Gr_1A_hh = rasterio.open(Gr_1A_hh_path)
Gr_1A_vv_path = r"E:\SAOCOM\1A1B\Images\Griffin\130122\Source\Data\gtc-acqId0000705076-a-sm9-2201150146-vv-h.tif"
Gr_1A_vv = rasterio.open(Gr_1A_vv_path)
Gr_1A_vh_path = r"E:\SAOCOM\1A1B\Images\Griffin\130122\Source\Data\gtc-acqId0000705076-a-sm9-2201150146-vh-h.tif"
Gr_1A_vh = rasterio.open(Gr_1A_vh_path)
Gr_1A_hv_path = r"E:\SAOCOM\1A1B\Images\Griffin\130122\Source\Data\gtc-acqId0000705076-a-sm9-2201150146-hv-h.tif"
Gr_1A_hv = rasterio.open(Gr_1A_hv_path)
#reading all the rasters as arrays
array_1A_hh= Gr_1A_hh.read()
array_1A_vv= Gr_1A_vv.read()
array_1A_vh= Gr_1A_vh.read()
array_1A_hv= Gr_1A_hv.read()
#creating a dictionary so that each array would have a name that would be used as column name
A2 = {
"HH":array_1A_hh,
"VV":array_1A_vv,
"VH":array_1A_vh,
"HV":array_1A_hv}
df= pd.DataFrame(index=["min","max","mean","medien"])

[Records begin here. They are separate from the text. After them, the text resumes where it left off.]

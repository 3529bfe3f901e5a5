use rpc_message::{Malformed, Message, Sort};
use std::alloc::{AllocError, Global};

// What a short body is.
fn sort_in(alloc: Global, body: &[u8]) -> Result<Sort, Malformed> {
    if body.len() > 10_000 {
        return Err(Malformed::Memory);
    }
    match Message::read(alloc, body) {
        Ok(message) => Ok(message.sort()),
        Err(fault) => Err(fault),
    }
}

// The examples of JSON-RPC 2.0, section 7, one message each, and its batches, which LSP doesn't have.
#[test]
fn reads_the_standards_examples(rt: HostRuntime) {
    let bodies: [(&str, Result<Sort, Malformed>); 13] = [
        (
            r#"{"jsonrpc": "2.0", "method": "subtract", "params": [42, 23], "id": 1}"#,
            Ok(Sort::Request),
        ),
        (
            r#"{"jsonrpc": "2.0", "result": 19, "id": 1}"#,
            Ok(Sort::Result),
        ),
        (
            r#"{"jsonrpc": "2.0", "method": "subtract", "params": {"subtrahend": 23, "minuend": 42}, "id": 3}"#,
            Ok(Sort::Request),
        ),
        (
            r#"{"jsonrpc": "2.0", "method": "update", "params": [1,2,3,4,5]}"#,
            Ok(Sort::Notification),
        ),
        (
            r#"{"jsonrpc": "2.0", "method": "foobar"}"#,
            Ok(Sort::Notification),
        ),
        (
            r#"{"jsonrpc": "2.0", "error": {"code": -32601, "message": "Method not found"}, "id": "1"}"#,
            Ok(Sort::Error),
        ),
        (
            r#"{"jsonrpc": "2.0", "method": "foobar, "params": "bar", "baz]"#,
            Err(Malformed::NotJson),
        ),
        (
            r#"{"jsonrpc": "2.0", "error": {"code": -32700, "message": "Parse error"}, "id": null}"#,
            Ok(Sort::Error),
        ),
        (
            r#"{"jsonrpc": "2.0", "method": 1, "params": "bar"}"#,
            Err(Malformed::NotMessage),
        ),
        ("[]", Err(Malformed::NotMessage)),
        ("[1]", Err(Malformed::NotMessage)),
        (r#"{"foo": "boo"}"#, Err(Malformed::NotMessage)),
        (
            r#"[{"jsonrpc": "2.0", "method": "notify_sum", "params": [1,2,4]}]"#,
            Err(Malformed::NotMessage),
        ),
    ];
    for (body, want) in bodies {
        assert_eq!(rt; sort_in(rt.alloc(), body.as_bytes()), want, "at {body}");
    }
}

// A body with these members.
fn body_of(alloc: Global, members: [&str; 4]) -> Result<Vec<u8>, AllocError> {
    let mut body = Vec::from_slice(alloc, b"{\"jsonrpc\":\"2.0\"")?;
    for member in members {
        body.extend_from_slice(member.as_bytes())?;
    }
    body.push(b'}')?;
    Ok(body)
}

// The class that a letter stands for.
fn class_of(letter: Option<&u8>) -> Result<Sort, Malformed> {
    match letter {
        Some(b'Q') => Ok(Sort::Request),
        Some(b'N') => Ok(Sort::Notification),
        Some(b'R') => Ok(Sort::Result),
        Some(b'E') => Ok(Sort::Error),
        _ => Err(Malformed::NotMessage),
    }
}

// `method` and `id`, and then nine letters: for no `result`, null and a number, each with no `error`, null and an error.
const MIXTURES: [(&str, &str, &str); 9] = [
    ("", "", "---------"),
    ("", ",\"id\":null", "RRERRERR-"),
    ("", ",\"id\":1", "RRERRERR-"),
    (",\"method\":null", "", "---------"),
    (",\"method\":null", ",\"id\":null", "---------"),
    (",\"method\":null", ",\"id\":1", "---------"),
    (",\"method\":\"m\"", "", "NNNNNNNNN"),
    (",\"method\":\"m\"", ",\"id\":null", "---------"),
    (",\"method\":\"m\"", ",\"id\":1", "QQQQQQQQQ"),
];

#[test]
fn tells_each_mixture(rt: HostRuntime) -> Result<(), AllocError> {
    for (method, id, letters) in MIXTURES {
        let mut letters = letters.as_bytes().iter();
        for result in ["", ",\"result\":null", ",\"result\":1"] {
            for error in [
                "",
                ",\"error\":null",
                ",\"error\":{\"code\":-1,\"message\":\"no\"}",
            ] {
                let body = body_of(rt.alloc(), [method, id, result, error])?;
                assert_eq!(rt;
                    sort_in(rt.alloc(), &body),
                    class_of(letters.next()),
                    "at {body:?}"
                );
            }
        }
    }
    Ok(())
}

#[test]
fn tells_what_is_no_message(rt: HostRuntime) {
    for body in [
        r#"{"jsonrpc":"2.0","id":1,"id":1,"result":1}"#,
        r#"{"jsonrpc":"2.0","id":1,"\u0069d":1,"result":1}"#,
        r#"{"jsonrpc":"2.0","method":"m","x":1,"x":2}"#,
        r#"{"jsonrpc":"2.0","id":1.0,"method":"m"}"#,
        r#"{"jsonrpc":"2.0","id":1e1,"method":"m"}"#,
        r#"{"jsonrpc":"2.0","id":true,"method":"m"}"#,
        r#"{"jsonrpc":"2.0","id":[1],"result":1}"#,
        r#"{"jsonrpc":"2.0","method":"m","params":"p"}"#,
        r#"{"jsonrpc":"2.0","method":"m","params":1}"#,
        r#"{"jsonrpc":"2.0","id":1,"error":{"code":1.5,"message":""}}"#,
        r#"{"jsonrpc":"2.0","id":1,"error":{"code":1}}"#,
        r#"{"jsonrpc":"2.0","id":1,"error":[]}"#,
        r#"{"id":1,"result":1}"#,
        r#"{"jsonrpc":2.0,"id":1,"result":1}"#,
        r#"{"jsonrpc":"2.1","id":1,"result":1}"#,
    ] {
        assert_eq!(rt;
            sort_in(rt.alloc(), body.as_bytes()),
            Err(Malformed::NotMessage),
            "at {body}"
        );
    }
}

// A notification with the members `n0` to `n999`, and then this one.
fn many_members(alloc: Global, last: &str) -> Result<Vec<u8>, AllocError> {
    let mut body = Vec::from_slice(alloc, b"{\"jsonrpc\":\"2.0\",\"method\":\"m\"")?;
    for number in 0..1_000u32 {
        let member = format!(in alloc; ",\"n{number}\":0")?;
        body.extend_from_slice(member.as_bytes())?;
    }
    body.extend_from_slice(last.as_bytes())?;
    body.push(b'}')?;
    Ok(body)
}

#[test]
fn tells_doubled_names_of_many(rt: HostRuntime) -> Result<(), AllocError> {
    for (last, want) in [
        ("", Ok(Sort::Notification)),
        (",\"n1000\":0", Ok(Sort::Notification)),
        (",\"N0\":0", Ok(Sort::Notification)),
        (",\"n0\":0", Err(Malformed::NotMessage)),
        (",\"\\u006e0\":0", Err(Malformed::NotMessage)),
        (",\"n999\":0", Err(Malformed::NotMessage)),
        (",\"\\u006dethod\":0", Err(Malformed::NotMessage)),
    ] {
        let body = many_members(rt.alloc(), last)?;
        assert_eq!(rt; sort_in(rt.alloc(), &body), want, "at {last}");
    }
    Ok(())
}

for name, pol in A2.items():
for band in pol:
stats = {
"min":band.min(),
"max":band.max(),
"mean":band.mean(),
"median":np.median(band)}
df[f"{name}"]=stats.values
OUTPUT:
df
HH ... HV
min <built-in method values of dict object at 0x00... ... <built-in method values of dict object at 0x00...
max <built-in method values of dict object at 0x00... ... <built-in method values of dict object at 0x00...
mean <built-in method values of dict object at 0x00... ... <built-in method values of dict object at 0x00...
medien <built-in method values of dict object at 0x00... ... <built-in method values of dict object at 0x00...
CodePudding user response:
Considering you have a dict of images:
import numpy as np
import pandas as pd
vmin, vmax = 0, 255
C, H, W = 2, 64, 64
images_names = ["HH", "VV", "VH", "HV"]
images = {
im_name: np.random.randint(vmin, vmax, size=(C, H, W))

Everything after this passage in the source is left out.